My belly tightens again, and it hurts. I take a deep breath, trying to keep calm, to figure out what to do. I need to go to the hospital, but I want Kevin, or at least Stacy, someone there with me. It wasn’t supposed to happen this way. Not even in my worst imaginings was it like this, me alone in an empty office building in the middle of the night.
‘Okay?’ Aneta, one of the Polish women I work with, stands in front of me and gestures to the puddle at my feet: ‘Baby?’
I nod, biting my lip. ‘It’s too soon, though,’ I say, and my voice sounds strained and high. ‘It’s too soon to have the baby.’ Emma was a month early, and that was scary. It’s six weeks until my due date this time.
Aneta nods, although I’m not sure she understands. ‘I drive?’ she asks, miming holding a steering wheel. ‘To…’
She frowns and I fill in shakily, ‘The hospital.’
Aneta brightens and nods. ‘Yes. That.’
‘Okay,’ I say, and as she gives me a reassuring smile I try to keep the panic back. I didn’t want it to be like this, on my own, panicked and scared. Aneta reaches for my hand, and I try to smile back at her. I tell myself it’s going to be okay. That this baby – my baby – is going to be fine. It isn’t until we’re on our way to the hospital that I even think about Grace, and then only for a second.
Twelve
GRACE
The new partnerships are due to be announced in mid-April. Bruce has as good as told me I made partner. So I celebrate before the partners are set to meet by buying a five-hundred-dollar bottle of champagne and drinking it all myself, while sitting in the glider in my daughter’s pristine nursery.
Everything is ready and waiting and perfect – the white Stokke crib, the matching changing table. The walls are a fresh, minty green with stenciled elephants cavorting a
long the picture rail. White gauzy curtains frame the window overlooking the park, with gray velvet sashes. A green polka-dot cushion rests behind me in the chair, and there is one framed print on the wall, a watercolor of a young girl in a field of daisies. A photo of my father holding me as a baby smiles from a sterling silver frame on top of the dresser.
I’ve sat in this room a lot lately. I find it very calming, because when I go in this room the baby feels real to me, as if I could scoop her up from the crib and hold her to my chest. When I’m in this room, I’m happy.
Right now I am more than a little bit drunk. My head lolls back and I reach for my phone to check for messages. Bruce hasn’t called yet but I know he will. I’ve given my lifeblood to this company. I’ve given them my time, my energy, my passion. I’m forty next month and I deserve to be made partner. I will be.
Lying there in a bit of a drunken doze, I picture myself in this room, with my baby girl, in less than two months’ time. I picture myself holding her, cradling her into my chest, inhaling her warm baby smell. I scrunch my eyes shut, willing it to become real.
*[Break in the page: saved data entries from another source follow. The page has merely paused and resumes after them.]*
// A log's head and blocks: the rules for a head's numbers, and for what a block may be in a log with that head.

#![tactic(auto)]

ghost use Rattle.std.specs.Prelude.{◌≡◌, ◌≤◌, ◌<◌, pos};
ghost use Rattle.frame.specs.Pictures.{Fitting};
ghost use Rattle.frame.specs.Grid.{blocks};
ghost use Rattle.refusals.specs.Numbers.{number_in};
ghost use Rattle.log_head.specs.Heads.{no_head, setting_in, head_refusal, head_blocks, largest_in};
ghost use Rattle.log_head.specs.Heads.{candidate_ok, entry_ok, is_still};

use frame::Setting;
use refusals::Refusal;

// A head's numbers.
#[repr(C)]
#[derive(Clone, Copy)]
pub struct Head {
    pub width: usize,
    pub height: usize,
    pub n: usize,
    pub w: usize,
    pub search: u32,
    pub measure: u32,
}

// A head of zeros.
pub fn no_head() -> Head
    ensures { result ≡ no_head }
{
    Head {
        width: 0,
        height: 0,
        n: 0,
        w: 0,
        search: 0,
        measure: 0,
    }
}

// The setting of a head.
pub fn setting_in(h: Head) -> Setting
    ensures { result ≡ setting_in h }
{
    frame::setting_by(h.width, h.height, h.n, h.measure)
}

// The first of 1 3 4 51 5 that applies to a head's numbers, if one does.
pub fn head_refusal(h: Head) -> Result<(), Refusal>
    ensures { number_in result ≡ head_refusal h }
{
    if !refusals::side_ok(h.width) {
        return Err(Refusal::Side);
    }
    if !refusals::side_ok(h.height) {
        return Err(Refusal::Side);
    }
    if !refusals::block_ok(setting_in(h)) {
        return Err(Refusal::BlockSize);
    }
    let search = refusals::search_ok(h.search);
    let measure = measures::measure_ok(h.measure);
    let window = refusals::window_ok(h.search, h.w);
    if !search {
        return Err(Refusal::Search);
    }
    if !measure {
        return Err(Refusal::Measure);
    }
    if !window {
        return Err(Refusal::Window);
    }
    Ok(())
}

// How many blocks the head's grid has.
pub fn head_blocks(h: Head) -> usize
    requires { head_refusal h ≡ 0 }
    ensures { (result ≡ head_blocks h) × (result ≤ 1048576) }
{
    frame::block_count(setting_in(h))
}

// The largest distortion in a log with this head.
fn largest_in(h: Head) -> u32
    requires { head_refusal h ≡ 0 }
    ensures { result ≡ largest_in h }
{
    (h.n * h.n) as u32 * measures::most(h.measure)
}

// The vector is a candidate of window w for grid block k.
pub fn candidate_ok(s: Setting, w: usize, k: usize, dy: i32, dx: i32) -> bool
    requires { Fitting s × (k < blocks s) }
    ensures { result ≡ candidate_ok s w k dy dx }
{
    let row = frame::block_row(s, k);
    let column = frame::block_column(s, k);
    frame::is_candidate(s, w, row, column, dy, dx)
}

// 16: what grid block k may have: a candidate and its distortion, which a log's bytes cannot have below 0.
pub fn block_ok(h: Head, k: usize, dy: i32, dx: i32, distortion: usize) -> bool
    requires { (head_refusal h ≡ 0) × (k < head_blocks h) }
    ensures { result ≡ entry_ok h k dy dx (pos distortion) }
{
    if !candidate_ok(setting_in(h), h.w, k, dy, dx) {
        return false;
    }
    distortion <= largest_in(h) as usize
}

// The same of three numbers of a list.
pub fn entry_ok(h: Head, k: usize, dy: i32, dx: i32, distortion: i32) -> bool
    requires { (head_refusal h ≡ 0) × (k < head_blocks h) }
    ensures { result ≡ entry_ok h k dy dx distortion }
{
    if distortion < 0 {
        return false;
    }
    block_ok(h, k, dy, dx, distortion.unsigned_abs() as usize)
}

// (0,0) with distortion 0.
pub fn is_still(dy: i32, dx: i32, distortion: i32) -> bool
    ensures { result ≡ is_still dy dx distortion }
{
    if dy != 0 {
        return false;
    }
    if dx != 0 {
        return false;
    }
    distortion == 0
}
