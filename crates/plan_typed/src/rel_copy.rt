// Copies of checked relations and plans.
ghost use Rattle.std.specs.Prelude.{◌≡◌, IfOk};

use crate::{Op, Rel, SetMeasure, SortKey, Source, Typed, TypedMeasure};
use plan_leaves::{Boxed, CopyIn, Items, zip};
use std::alloc::Global;
use sub_types::NoMemory;

impl Typed {
    /// An equal plan.
    pub fn copy(&self, alloc: Global) -> Result<Typed, NoMemory>
        ensures { IfOk result (λ copy. copy ≡ self.now) }
    {
        let (rel, names) = zip(copy_rel(alloc, &self.rel), self.names.copy_in(alloc))?;
        Ok(Typed { rel, names })
    }
}

impl Rel {
    /// An equal relation.
    pub fn copy(&self, alloc: Global) -> Result<Rel, NoMemory>
        ensures { IfOk result (λ copy. copy ≡ self.now) }
    {
        copy_rel(alloc, self)
    }
}

impl CopyIn for TypedMeasure {
    fn copy_in(&self, alloc: Global) -> Result<Self, NoMemory> {
        let (arg, filter) = zip(self.arg.copy_in(alloc), self.filter.copy_in(alloc))?;
        Ok(TypedMeasure {
            func: self.func,
            arg,
            filter,
            ty: self.ty,
        })
    }
}

impl CopyIn for SetMeasure {
    fn copy_in(&self, alloc: Global) -> Result<Self, NoMemory> {
        Ok(SetMeasure {
            measure: self.measure.copy_in(alloc)?,
            distinct: self.distinct,
        })
    }
}

impl CopyIn for SortKey {
    fn copy_in(&self, alloc: Global) -> Result<Self, NoMemory> {
        Ok(SortKey {
            expr: self.expr.copy_in(alloc)?,
            descending: self.descending,
            nulls_first: self.nulls_first,
        })
    }
}

impl CopyIn for Source {
    fn copy_in(&self, alloc: Global) -> Result<Self, NoMemory> {
        match self {
            Source::Named(names) => Ok(Source::Named(names.copy_in(alloc)?)),
            Source::Rows(rows) => Ok(Source::Rows(rows.copy_in(alloc)?)),
        }
    }
}

#[cycle(rel_copy)]
fn copy_rel(alloc: Global, rel: &Rel) -> Result<Rel, NoMemory>
    ensures { IfOk result (λ copy. copy ≡ rel.now) }
{
    let lists = zip(rel.emit.copy_in(alloc), rel.columns.copy_in(alloc));
    let (op, (emit, columns)) = zip(copy_op(alloc, &rel.op), lists)?;
    Ok(Rel {
        number: rel.number,
        op,
        emit,
        columns,
    })
}

#[cycle(rel_copy)]
fn copy_boxed(alloc: Global, rel: &Boxed<Rel>) -> Result<Boxed<Rel>, NoMemory>
    ensures { IfOk result (λ copy. copy ≡ rel.now) }
{
    Boxed::new(alloc, copy_rel(alloc, rel.get())?)
}

#[cycle(rel_copy)]
fn copy_rels(alloc: Global, rels: &[Rel]) -> Result<Items<Rel>, NoMemory>
    ensures { IfOk result (λ copies. copies ≡ rels.now) }
{
    let mut copies = Vec::with_capacity(alloc, rels.len())?;
    for rel in rels {
        copies.push(copy_rel(alloc, rel)?)?;
    }
    Ok(Items::from_vec(copies))
}

#[cycle(rel_copy)]
fn copy_op(alloc: Global, op: &Op) -> Result<Op, NoMemory>
    ensures { IfOk result (λ copy. copy ≡ op.now) }
{
    match op {
        Op::Read {
            source,
            names,
            types,
            filter,
            mask,
        } => {
            let columns = zip(names.copy_in(alloc), types.copy_in(alloc));
            let rows = zip(source.copy_in(alloc), filter.copy_in(alloc));
            let (((names, types), mask), (source, filter)) = zip(
                zip(columns, mask.copy_in(alloc)),
                rows,
            )?;
            Ok(Op::Read {
                source,
                names,
                types,
                filter,
                mask,
            })
        }
        Op::Filter { input, condition } => {
            let (input, condition) = zip(copy_boxed(alloc, input), condition.copy(alloc))?;
            Ok(Op::Filter { input, condition })
        }
        Op::Project { input, exprs } => {
            let (input, exprs) = zip(copy_boxed(alloc, input), exprs.copy_in(alloc))?;
            Ok(Op::Project { input, exprs })
        }
        Op::Fetch {
            input,
            offset,
            count,
        } => Ok(Op::Fetch {
            input: copy_boxed(alloc, input)?,
            offset: *offset,
            count: *count,
        }),
        Op::Sort { input, keys } => {
            let (input, keys) = zip(copy_boxed(alloc, input), keys.copy_in(alloc))?;
            Ok(Op::Sort { input, keys })
        }
        Op::Aggregate {
            input,
            groups,
            measures,
        } => {
            let lists = zip(groups.copy_in(alloc), measures.copy_in(alloc));
            let (input, (groups, measures)) = zip(copy_boxed(alloc, input), lists)?;
            Ok(Op::Aggregate {
                input,
                groups,
                measures,
            })
        }
        Op::GroupSets {
            input,
            groups,
            sets,
            measures,
        } => {
            let lists = zip(groups.copy_in(alloc), sets.copy_in(alloc));
            let ((input, (groups, sets)), measures) = zip(
                zip(copy_boxed(alloc, input), lists),
                measures.copy_in(alloc),
            )?;
            Ok(Op::GroupSets {
                input,
                groups,
                sets,
                measures,
            })
        }
        Op::Join {
            left,
            right,
            kind,
            on,
            post,
        } => {
            let inputs = zip(copy_boxed(alloc, left), copy_boxed(alloc, right));
            let ((left, right), (on, post)) = zip(
                inputs,
                zip(on.copy(alloc), post.copy_in(alloc)),
            )?;
            Ok(Op::Join {
                left,
                right,
                kind: *kind,
                on,
                post,
            })
        }
        Op::Cross { left, right } => {
            let (left, right) = zip(copy_boxed(alloc, left), copy_boxed(alloc, right))?;
            Ok(Op::Cross { left, right })
        }
        Op::Set { inputs, op } => Ok(Op::Set {
            inputs: copy_rels(alloc, inputs.as_slice())?,
            op: *op,
        }),
    }
}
To feel it.
But reality intrudes – I need to pee, and I am remembering a recent conversation with Jill, after one of our workouts, when she discovered I was planning to adopt. It happened stupidly; we’d finished working out and we were checking our phones as we waited for our protein shakes. When they came, I laid my phone on the counter, and it was open to MetroMom, a website for urban mothers that has an adoption forum. I’d taken to reading the posts rather obsessively, gobbling up stories of bringing home newborns, the bottle feeds and bonding, the wonderful reality of it, the incredulous joy other parents felt contagious. I hadn’t yet dared to post anything myself.
Eagle-eyed Jill, of course, saw what was on there before I’d managed to swipe the screen.
‘Grace,’ she said, her eyes wide with shock and, I feared, a kind of awful fascination. ‘Are you thinking of adopting?’
I hesitated, my instinct to deny it, because Jill and I didn’t share much personal stuff, and I still hadn’t told anyone at work. But denying it felt wrong, like denying myself, my baby. And so I lifted my chin and tried for an insouciant shrug.